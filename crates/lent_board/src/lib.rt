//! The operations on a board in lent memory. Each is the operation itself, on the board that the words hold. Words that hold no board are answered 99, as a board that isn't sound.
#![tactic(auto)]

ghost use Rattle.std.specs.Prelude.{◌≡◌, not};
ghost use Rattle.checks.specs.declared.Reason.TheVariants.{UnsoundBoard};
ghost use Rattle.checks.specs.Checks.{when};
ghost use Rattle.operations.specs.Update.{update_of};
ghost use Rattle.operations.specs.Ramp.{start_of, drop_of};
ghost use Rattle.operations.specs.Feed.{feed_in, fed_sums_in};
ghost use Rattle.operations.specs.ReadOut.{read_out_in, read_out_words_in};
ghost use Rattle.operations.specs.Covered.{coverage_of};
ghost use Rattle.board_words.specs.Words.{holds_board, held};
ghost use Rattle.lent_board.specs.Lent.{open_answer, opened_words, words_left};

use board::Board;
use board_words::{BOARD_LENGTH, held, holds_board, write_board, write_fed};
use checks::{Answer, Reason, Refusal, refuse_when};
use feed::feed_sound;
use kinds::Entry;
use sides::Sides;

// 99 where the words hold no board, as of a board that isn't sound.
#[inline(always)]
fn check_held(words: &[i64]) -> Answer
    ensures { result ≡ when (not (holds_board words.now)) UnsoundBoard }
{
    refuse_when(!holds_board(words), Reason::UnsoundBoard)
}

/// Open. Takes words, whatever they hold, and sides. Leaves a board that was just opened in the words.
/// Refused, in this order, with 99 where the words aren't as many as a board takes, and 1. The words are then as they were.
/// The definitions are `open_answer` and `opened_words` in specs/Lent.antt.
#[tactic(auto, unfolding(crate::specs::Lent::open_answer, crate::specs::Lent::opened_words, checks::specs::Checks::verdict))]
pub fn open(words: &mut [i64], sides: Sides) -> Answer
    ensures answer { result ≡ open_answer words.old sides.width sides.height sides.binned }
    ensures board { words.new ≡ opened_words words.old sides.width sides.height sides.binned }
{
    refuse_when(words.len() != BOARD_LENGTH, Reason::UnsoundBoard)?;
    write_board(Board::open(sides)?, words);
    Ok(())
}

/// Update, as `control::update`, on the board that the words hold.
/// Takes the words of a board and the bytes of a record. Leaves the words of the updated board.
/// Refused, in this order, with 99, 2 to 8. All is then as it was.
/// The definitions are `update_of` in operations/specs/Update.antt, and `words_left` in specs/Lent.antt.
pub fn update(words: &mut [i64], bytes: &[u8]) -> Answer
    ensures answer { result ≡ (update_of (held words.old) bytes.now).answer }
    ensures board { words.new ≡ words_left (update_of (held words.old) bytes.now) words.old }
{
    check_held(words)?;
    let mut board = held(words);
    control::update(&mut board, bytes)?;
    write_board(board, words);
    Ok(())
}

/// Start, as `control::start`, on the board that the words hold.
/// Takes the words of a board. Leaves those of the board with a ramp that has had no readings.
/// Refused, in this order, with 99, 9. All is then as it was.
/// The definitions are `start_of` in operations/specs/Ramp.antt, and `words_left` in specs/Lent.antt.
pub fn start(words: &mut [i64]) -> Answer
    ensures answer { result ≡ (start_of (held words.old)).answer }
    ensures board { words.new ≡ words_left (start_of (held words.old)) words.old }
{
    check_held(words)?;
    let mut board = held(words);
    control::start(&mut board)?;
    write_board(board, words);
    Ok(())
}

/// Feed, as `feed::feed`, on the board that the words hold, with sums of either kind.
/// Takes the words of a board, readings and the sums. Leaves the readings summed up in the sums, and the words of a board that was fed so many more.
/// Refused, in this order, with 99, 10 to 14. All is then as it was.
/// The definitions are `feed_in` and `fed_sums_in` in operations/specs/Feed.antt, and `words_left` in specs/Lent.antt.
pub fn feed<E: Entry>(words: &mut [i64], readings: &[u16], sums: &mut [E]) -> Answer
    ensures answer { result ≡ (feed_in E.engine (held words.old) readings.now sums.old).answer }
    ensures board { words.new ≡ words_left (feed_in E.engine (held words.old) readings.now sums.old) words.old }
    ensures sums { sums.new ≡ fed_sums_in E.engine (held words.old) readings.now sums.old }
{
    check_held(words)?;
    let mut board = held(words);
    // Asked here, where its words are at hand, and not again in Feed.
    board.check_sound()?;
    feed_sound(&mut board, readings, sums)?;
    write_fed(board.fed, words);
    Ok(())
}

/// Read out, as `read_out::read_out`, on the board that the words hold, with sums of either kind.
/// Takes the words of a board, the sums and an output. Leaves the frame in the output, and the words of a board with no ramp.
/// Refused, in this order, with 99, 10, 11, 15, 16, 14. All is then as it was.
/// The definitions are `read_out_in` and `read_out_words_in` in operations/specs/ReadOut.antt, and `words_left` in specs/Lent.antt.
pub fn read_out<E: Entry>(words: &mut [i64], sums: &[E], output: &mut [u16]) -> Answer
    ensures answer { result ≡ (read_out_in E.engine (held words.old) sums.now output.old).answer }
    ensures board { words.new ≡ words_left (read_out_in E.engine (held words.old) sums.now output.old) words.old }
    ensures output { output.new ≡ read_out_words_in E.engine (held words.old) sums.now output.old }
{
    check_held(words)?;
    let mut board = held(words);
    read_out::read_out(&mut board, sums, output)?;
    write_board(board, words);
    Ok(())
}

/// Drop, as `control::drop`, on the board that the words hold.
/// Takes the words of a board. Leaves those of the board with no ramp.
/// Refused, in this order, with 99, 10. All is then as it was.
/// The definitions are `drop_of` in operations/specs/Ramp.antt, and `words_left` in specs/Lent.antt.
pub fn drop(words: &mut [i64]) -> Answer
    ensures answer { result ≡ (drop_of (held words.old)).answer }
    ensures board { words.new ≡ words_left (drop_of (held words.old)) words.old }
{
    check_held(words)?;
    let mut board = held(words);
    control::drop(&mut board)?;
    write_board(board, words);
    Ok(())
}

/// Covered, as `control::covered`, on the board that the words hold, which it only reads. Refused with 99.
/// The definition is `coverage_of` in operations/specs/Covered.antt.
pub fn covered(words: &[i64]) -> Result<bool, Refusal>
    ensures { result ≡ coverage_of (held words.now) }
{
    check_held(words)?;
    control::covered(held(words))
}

---

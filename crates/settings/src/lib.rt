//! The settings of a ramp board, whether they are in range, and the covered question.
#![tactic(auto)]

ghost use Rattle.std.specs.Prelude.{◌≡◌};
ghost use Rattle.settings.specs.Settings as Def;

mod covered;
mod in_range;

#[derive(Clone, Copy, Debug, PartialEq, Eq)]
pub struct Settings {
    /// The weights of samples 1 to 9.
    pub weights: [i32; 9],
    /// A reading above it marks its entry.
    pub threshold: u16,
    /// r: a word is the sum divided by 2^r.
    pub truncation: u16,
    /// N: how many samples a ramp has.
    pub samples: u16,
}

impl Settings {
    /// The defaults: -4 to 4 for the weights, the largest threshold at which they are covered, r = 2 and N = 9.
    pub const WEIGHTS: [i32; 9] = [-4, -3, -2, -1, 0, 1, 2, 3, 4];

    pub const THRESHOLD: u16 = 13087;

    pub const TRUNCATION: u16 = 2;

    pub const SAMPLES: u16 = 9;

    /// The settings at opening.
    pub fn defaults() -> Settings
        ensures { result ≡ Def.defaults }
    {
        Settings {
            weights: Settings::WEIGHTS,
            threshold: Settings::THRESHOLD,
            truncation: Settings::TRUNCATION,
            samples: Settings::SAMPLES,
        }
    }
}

==

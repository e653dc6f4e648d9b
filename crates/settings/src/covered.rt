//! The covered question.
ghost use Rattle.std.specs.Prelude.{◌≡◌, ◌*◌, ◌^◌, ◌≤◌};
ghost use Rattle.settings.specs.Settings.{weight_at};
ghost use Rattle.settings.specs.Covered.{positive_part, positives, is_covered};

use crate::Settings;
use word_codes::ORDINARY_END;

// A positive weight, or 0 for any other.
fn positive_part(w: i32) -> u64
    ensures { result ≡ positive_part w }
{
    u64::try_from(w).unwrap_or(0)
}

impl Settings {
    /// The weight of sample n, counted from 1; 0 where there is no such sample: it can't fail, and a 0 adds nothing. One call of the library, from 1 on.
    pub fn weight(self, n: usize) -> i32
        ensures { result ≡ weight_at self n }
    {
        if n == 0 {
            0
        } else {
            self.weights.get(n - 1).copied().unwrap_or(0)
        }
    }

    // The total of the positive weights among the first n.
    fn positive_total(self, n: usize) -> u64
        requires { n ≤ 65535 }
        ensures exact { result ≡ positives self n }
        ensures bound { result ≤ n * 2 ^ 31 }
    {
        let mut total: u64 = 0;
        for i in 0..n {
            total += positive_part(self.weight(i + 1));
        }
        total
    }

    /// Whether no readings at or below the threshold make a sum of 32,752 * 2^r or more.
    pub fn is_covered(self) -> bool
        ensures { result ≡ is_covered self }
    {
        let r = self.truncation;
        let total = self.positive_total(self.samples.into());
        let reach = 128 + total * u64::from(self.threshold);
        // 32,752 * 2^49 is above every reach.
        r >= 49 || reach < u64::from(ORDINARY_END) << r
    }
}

**WHAT NEEDS TO BE DONE:** Which lines above contain "they"? Show each of them.

**RESPONSE AREA:**
/// Open. Takes words, whatever they hold, and sides. Leaves a board that was just opened in the words.
/// Refused, in this order, with 99 where the words aren't as many as a board takes, and 1. The words are then as they were.
//! The settings of a ramp board, whether they are in range, and the covered question.
    /// The defaults: -4 to 4 for the weights, the largest threshold at which they are covered, r = 2 and N = 9.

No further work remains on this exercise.